Exercise aim: Report only how many lines below include "operators".

[Given information — start]

//! What the templates of all files of a program are made of, and what the template of the program takes of the limits.
//!
//! A caller may rely on `file_orders` and `program_parts`, which return what the template of each file is made of
//! (`specs/Parts`), and on `whole_limits`: it returns a fault exactly where what is measured of the template of the
//! program, with those of its modules in it, is beyond a limit (`specs/Measures`). The nesting of expressions is looked
//! at last, after all other limits of all files.
#![tactic(auto)]

mod measures;
mod parts;

pub use file_templates::laws::parts_within_the_limits_can_be_filled;
pub use file_templates::{
    EmitFault, FileOrder, FileParts, checked_files_have_kinds, file_template,
    outputs_are_of_the_program, whole_templates_are_emitted,
};
pub use measures::{module_number, whole_limits};
pub use parts::{file_orders, program_parts};
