// Closes operators as far as the next token demands.

ghost use Rattle.std.specs.Prelude.{◌≡◌, ◌∷◌, IfOk};
ghost use Rattle.bicep_machine.specs.Closing.{closed};
ghost use Rattle.bicep_machine.specs.Views.{kept, frame_of, frames_of, Frames};
ghost use Rattle.bicep_machine.specs.Folding.{folded};

use crate::build::{binary_of, conditional_of, prefix_of};
use crate::frame::{Frame, close, open};
use crate::kept::Kept;
use crate::words::level_of;
use arm_value::OutOfMemory;
use bicep_tree::Expr;
use std::alloc::Global;

/// An operand and what is open before it.
#[derive(Drop)]
pub enum Folded {
    /// The operator took it.
    Into(Kept<Box<Expr>>),
    /// What is open stays open.
    Beside(Frame, Kept<Box<Expr>>),
}

// What is open takes the operand, if it is an operator that binds at least as tightly as that level.
fn taken(
    alloc: Global,
    level: usize,
    frame: Frame,
    e: Kept<Box<Expr>>,
) -> Result<Folded, OutOfMemory>
    ensures { IfOk result (λ r. (S : Frames) →
        closed 64 level (kept e) (frame_of frame ∷ S) ≡ folded level r S) }
{
    match frame {
        Frame::Prefixing(at, prefix) => Ok(Folded::Into(prefix_of(alloc, at, prefix, e)?)),
        Frame::Left(operator, left) => {
            if level <= level_of(operator) {
                Ok(Folded::Into(binary_of(alloc, operator, left, e)?))
            } else {
                Ok(Folded::Beside(Frame::Left(operator, left), e))
            }
        }
        Frame::Chosen(condition, first) => {
            if level <= 0 {
                Ok(Folded::Into(conditional_of(alloc, condition, first, e)?))
            } else {
                Ok(Folded::Beside(Frame::Chosen(condition, first), e))
            }
        }
        _ => Ok(Folded::Beside(frame, e)),
    }
}

/// The expression with the operators before it that bind at least as tightly as that level; 0 closes all.
pub fn closed(
    alloc: Global,
    level: usize,
    e: Kept<Box<Expr>>,
    stack: &mut Vec<Frame>,
) -> Result<Kept<Box<Expr>>, OutOfMemory>
    ensures { IfOk result (λ r. closed 64 level (kept e) (frames_of stack.old.items)
        ≡ (kept r, frames_of stack.new.items)) }
{
    let mut whole = e;
    while let Some(frame) = close(stack) {
        match taken(alloc, level, frame, whole)? {
            Folded::Into(more) => whole = more,
            Folded::Beside(frame, operand) => {
                open(stack, frame)?;
                return Ok(operand);
            }
        }
    }
    Ok(whole)
}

[Given information — finish]

Result: 2